Dalea candida is a species of flowering plant in the legume family known by the common name white prairie clover. It is native to North America, where it can be found throughout central Canada, the central United States, and northern Mexico. It can sometimes be found outside its range as an introduced species. It grows in many types of habitats, including several types of prairie, foothills, woods, forests, and disturbed areas.

It is a perennial herb growing erect to a maximum height around 1 m, its taproot growing up to 5 or 6 feet deep. The alternately arranged leaves are each composed of several narrow, gland-dotted, light green leaflets. The inflorescence is a dense cylindrical spike of flowers at the tip of each stem or stem branch. The spike is packed with the pointed green calyces of sepals, the lower ones bearing corollas of white petals and the higher ones blooming later.

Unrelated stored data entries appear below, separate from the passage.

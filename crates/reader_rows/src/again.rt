use crate::MOST_READ;
use crate::print::print_expression;
use regex_ast::{Define, Raw, ReadError};
use regex_reader::read_xfst;
use std::alloc::{AllocError, Global};

/// The definition of a text that has one; `None` where it has a fault.
fn definition(alloc: Global, text: &str) -> Result<Option<Define<Raw>>, AllocError> {
    if text.len() > MOST_READ {
        return Ok(None);
    }
    match read_xfst(alloc, text) {
        Ok(mut defines) => Ok(defines.pop()),
        Err(ReadError::Fault { .. }) => Ok(None),
        Err(ReadError::Memory(error)) => Err(error),
    }
}

/// Whether an expression has a tree, and the same when that is printed and read again.
pub fn is_same_again(alloc: Global, expression: &str) -> Result<bool, AllocError> {
    let text = format!(in alloc; "define N {expression} ;")?;
    let Some(first) = definition(alloc, text.as_str())? else {
        return Ok(false);
    };
    let mut printed = String::from_str(alloc, "define N ")?;
    print_expression(&mut printed, &first.expr)?;
    printed.push_str(";")?;
    let Some(second) = definition(alloc, printed.as_str())? else {
        return Ok(false);
    };
    let shown = format!(in alloc; "{:?}", first.expr)?;
    let again = format!(in alloc; "{:?}", second.expr)?;
    Ok(shown.as_str() == again.as_str())
}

The fruit is a green oval legume pod containing one seed.

A specimen of this species was collected by Meriwether Lewis in Nebraska in 1804.

==Uses==
Among the Ramah Navajo, the candida variety is used for stomachache and as a "life medicine", especially for fever. A compound decoction is used to treat "snake infection" in sheep.

==Ecology==
It is popular with pollinators and, as it is a legume, it is a nitrogen fixer. It is classified by the USDA as a "high" nitrogen fixer, a category few native plants fit into. It is a larval host to the clouded sulphur, marine blue, Reakirt's blue, and southern dogface.